Nick Schofield : Blue Hour

Patience is worthwhile. My first two listenings to Schofield’s Blue Hour, I was unimpressed; the compositions were pleasant, euphonious in a calming way, but didn’t grab me or present me with that sparkling sterling beauty that we use to mark greatness. It’s harder to critique a record that lands in the middle, accomplishes itself but leaves you with little luster, than it is to describe a smashing success or stalwart failure, so I put it aside to return to and refine my notes. The second listen, this time in my car as I drove, didn’t deliver much more insight into the ideal shape of the music. I resigned myself to discussing Schofield’s comfortable melodic sensibilities and ability to perhaps further explore this quite post-Weather Channel smooth jazz—not meant as critique by the way—and expand its melodic and harmonic sensibilities. On a whim, however, I gave a final pass over before beginning my drafting, this time while reading on the couch with my wife and a nice cortado. At last, the picture became clear.

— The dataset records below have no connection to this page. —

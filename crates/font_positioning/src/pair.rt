//! Pair adjustment subtables (OpenType, GPOS lookup type 2).
ghost use Rattle.std.specs.Prelude.{◌≡◌, ◌≢◌, ◌≤◌, ◌<◌, ◌+◌, ◌*◌, IfOk, IfErr, Ok, Err, length};
ghost use Rattle.font_positioning.specs.ClassPairs.{class_pairs, pair_pos_at};

use crate::classes::{
    classes_below, first_glyphs, read_class_rows_from, read_class1_records, row_size,
};
use crate::pair_sets::{PairFormat, read_glyph_pairs};
use font_bytes::fault::TableFault;
use font_bytes::room::Room;
use font_bytes::words::{need, word};
use font_common::read_glyphs_in_room;
use layout_common::array::Array;
use layout_tables::pair::{ClassPairs, GlyphPairs, PairPos};
use std::alloc::Global;

/// Reads format 2: pairs by classes.
fn read_class_pairs(
    alloc: Global,
    table: &[u8],
    at: usize,
    room: &mut Room,
) -> Result<ClassPairs, TableFault>
    ensures ok { IfOk result (λ v. class_pairs room.old.left table.now at ≡ Ok (v, room.new.left)) }
    ensures refused { IfErr result (λ e. e ≢ TableFault.OutOfMemory
        → class_pairs room.old.left table.now at ≡ Err e) }
{
    need(table, at, 16)?;
    let format = PairFormat {
        first: word(table, at + 4),
        second: word(table, at + 6),
    };
    let count1 = word(table, at + 12);
    let count2 = word(table, at + 14);
    need(
        table,
        at + 16,
        row_size(format, count2) * usize::from(count1),
    )?;
    room.take(usize::from(count1) * (usize::from(count2) + 1))?;
    let glyphs = read_glyphs_in_room(alloc, table, at, u32::from(word(table, at + 2)), room)?;
    let rows1 = read_class_rows_from(alloc, table, at, word(table, at + 8), room)?;
    let rows2 = read_class_rows_from(alloc, table, at, word(table, at + 10), room)?;
    let coverage = first_glyphs(alloc, &glyphs, &rows1, count1)?;
    let class_def1 = classes_below(alloc, rows1, count1)?;
    let class_def2 = classes_below(alloc, rows2, count2)?;
    let records = read_class1_records(format, alloc, table, at + 16, count1, count2)?;
    Ok(ClassPairs {
        coverage,
        class_def1,
        class_def2,
        records: Array::new(records),
    })
}

/// Reads the pair adjustment subtable at an offset, none where its format is unknown.
pub fn read_pair_pos(
    alloc: Global,
    table: &[u8],
    at: usize,
    room: &mut Room,
) -> Result<Option<PairPos>, TableFault>
    ensures ok { IfOk result (λ v. pair_pos_at room.old.left table.now at ≡ Ok (v, room.new.left)) }
    ensures refused { IfErr result (λ e. e ≢ TableFault.OutOfMemory
        → pair_pos_at room.old.left table.now at ≡ Err e) }
{
    need(table, at, 2)?;
    let format = word(table, at);
    if format == 1 {
        let rows = read_glyph_pairs(alloc, table, at, room)?;
        return Ok(Some(PairPos::Glyphs(GlyphPairs { rows })));
    }
    if format == 2 {
        let pairs = read_class_pairs(alloc, table, at, room)?;
        return Ok(Some(PairPos::Classes(pairs)));
    }
    Ok(None)
}
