//! Value records (OpenType, GPOS, shared tables: value record).
ghost use Rattle.std.specs.Prelude.{◌≡◌, ◌≤◌, ◌<◌, ◌+◌, length};
ghost use Rattle.font_positioning.specs.Values.{has_field, field_size, field_at, one_size, two_size, three_size, four_size, value_size, value_at};

use font_bytes::words::signed_word;
use layout_tables::value::ValueRecord;

/// The bits of a value format for the four values of a record, and those after them: for offsets of devices, and without
/// a meaning so far.
const X_PLACEMENT: u16 = 0x0001;

const Y_PLACEMENT: u16 = 0x0002;

const X_ADVANCE: u16 = 0x0004;

const Y_ADVANCE: u16 = 0x0008;

const OTHERS: u16 = 0xfff0;

/// Whether records of a value format have a field.
fn has_field(format: u16, bit: u16) -> bool
    ensures { result ≡ has_field format bit }
{
    format & bit != 0
}

/// How many bytes the field of a bit takes.
fn field_size(format: u16, bit: u16) -> usize
    ensures value { result ≡ field_size format bit }
    ensures least { result ≤ 2 }
{
    if has_field(format, bit) { 2 } else { 0 }
}

/// The field of a bit at an offset, 0 where records of the format have none.
fn field_at(format: u16, bit: u16, table: &[u8], at: usize) -> i16
    requires { at + field_size format bit ≤ length table.now }
    ensures { result ≡ field_at format bit table.now at }
{
    if has_field(format, bit) {
        signed_word(table, at)
    } else {
        0
    }
}

/// How many bytes records of a format have.
pub(crate) fn value_size(format: u16) -> usize
    ensures value { result ≡ value_size format }
    ensures few { result ≤ 40 }
{
    let placement = field_size(format, X_PLACEMENT) + field_size(format, Y_PLACEMENT);
    let advance = field_size(format, X_ADVANCE) + field_size(format, Y_ADVANCE);
    placement + advance + 2 * (format & OTHERS).count_ones() as usize
}

/// The value record at an offset.
#[tactic(auto, unfolding(crate::specs::Values::value_at))]
pub(crate) fn value_at(format: u16, table: &[u8], at: usize) -> ValueRecord
    requires { at + value_size format ≤ length table.now }
    ensures { result ≡ value_at format table.now at }
{
    let second = at + field_size(format, X_PLACEMENT);
    let third = second + field_size(format, Y_PLACEMENT);
    let fourth = third + field_size(format, X_ADVANCE);
    ValueRecord {
        x_placement: field_at(format, X_PLACEMENT, table, at),
        y_placement: field_at(format, Y_PLACEMENT, table, second),
        x_advance: field_at(format, X_ADVANCE, table, third),
        y_advance: field_at(format, Y_ADVANCE, table, fourth),
    }
}
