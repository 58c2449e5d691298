//! Anchors (OpenType, GPOS, shared tables: anchor tables).
ghost use Rattle.std.specs.Prelude.{◌≡◌, ◌≢◌, ◌≤◌, ◌<◌, ◌+◌, ◌*◌, IfOk, IfErr, Ok, Err, length};
ghost use Rattle.font_positioning.specs.Anchors.{anchor_table, anchor_at, anchor_item, anchor_list};

use font_bytes::fault::TableFault;
use font_bytes::room::Room;
use font_bytes::words::{need, signed_word, word};
use font_records::{RecordReader, read_array};
use layout_tables::value::Anchor;
use std::alloc::Global;

/// Reads the anchor table at an offset, none where its format is unknown.
fn read_anchor_table(table: &[u8], at: usize) -> Result<Option<Anchor>, TableFault>
    ensures { result ≡ anchor_table table.now at }
{
    need(table, at, 6)?;
    let format = word(table, at);
    if format == 1 || format == 2 || format == 3 {
        return Ok(Some(Anchor {
            x: signed_word(table, at + 2),
            y: signed_word(table, at + 4),
        }));
    }
    Ok(None)
}

/// Reads the anchor whose offset from a base stands at an offset, none where it is null.
pub(crate) fn read_anchor(
    base: usize,
    table: &[u8],
    at: usize,
) -> Result<Option<Anchor>, TableFault>
    requires within { at + 2 ≤ length table.now }
    requires base { base ≤ length table.now }
    ensures { result ≡ anchor_at base table.now at }
{
    let offset = word(table, at);
    if offset == 0 {
        return Ok(None);
    }
    read_anchor_table(table, base + usize::from(offset))
}

/// Reads anchors whose records are their offsets from a base.
#[derive(Clone, Copy)]
struct Anchors {
    base: usize,
}

impl RecordReader for Anchors {
    type Item = Option<Anchor>;

    ghost width_of = { λ _. 2 };

    ghost base_of = { λ s. s.base };

    ghost item_at = { λ s. anchor_item s.base };

    fn width(&self) -> usize {
        2
    }

    fn read_item(
        &self,
        _alloc: Global,
        table: &[u8],
        at: usize,
        _room: &mut Room,
    ) -> Result<Option<Option<Anchor>>, TableFault> {
        let anchor = read_anchor(self.base, table, at)?;
        Ok(Some(anchor))
    }
}

/// Reads n anchors, whose offsets from a base stand one after another. An anchor takes a row of room.
pub(crate) fn read_anchors(
    alloc: Global,
    base: usize,
    table: &[u8],
    at: usize,
    count: usize,
    room: &mut Room,
) -> Result<Vec<Option<Anchor>>, TableFault>
    requires within { at + 2 * count ≤ length table.now }
    requires base { base ≤ length table.now }
    ensures ok { IfOk result (λ v. anchor_list base table.now at count room.old.left ≡ Ok (v.items, room.new.left)) }
    ensures refused { IfErr result (λ e. e ≢ TableFault.OutOfMemory
        → anchor_list base table.now at count room.old.left ≡ Err e) }
{
    read_array(&Anchors { base }, alloc, table, at, count, room)
}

Ambient music in particular is funny this way. So much music we are presented wants, or at least should want, to be an active participant in our lives, to use its melodies and rhythmic propulsion to interject into our thoughts and actions, use its harmonic language to color the emotional timbre of the events that comprise being-in-time. Ambient music, as well as much of Western art music, have a more complex role. They often want to slip behind the action, to be per Eno himself “wallpaper music,” to be the color of the walls and not the furniture on the floor.
Allowing Blue Hour to get out of the way revealed its real strength. Pages flew by, suspended on the warm, clean air of those breezy synthesizers, jostled by the ruminative trumpet improvisations over the pieces. Differentiating them piece by piece would be to miss the point; similar to the UNIFONY album series by Minco Eggersman and Theodoor Borger, these are tiles in a mosaic, something meant to be consumed whole even if developed in piecemeal fashion. In a flash, the record was over, my cup empty, the book tens of pages past despite its sparse and emotionally complex prose. So I started the record again.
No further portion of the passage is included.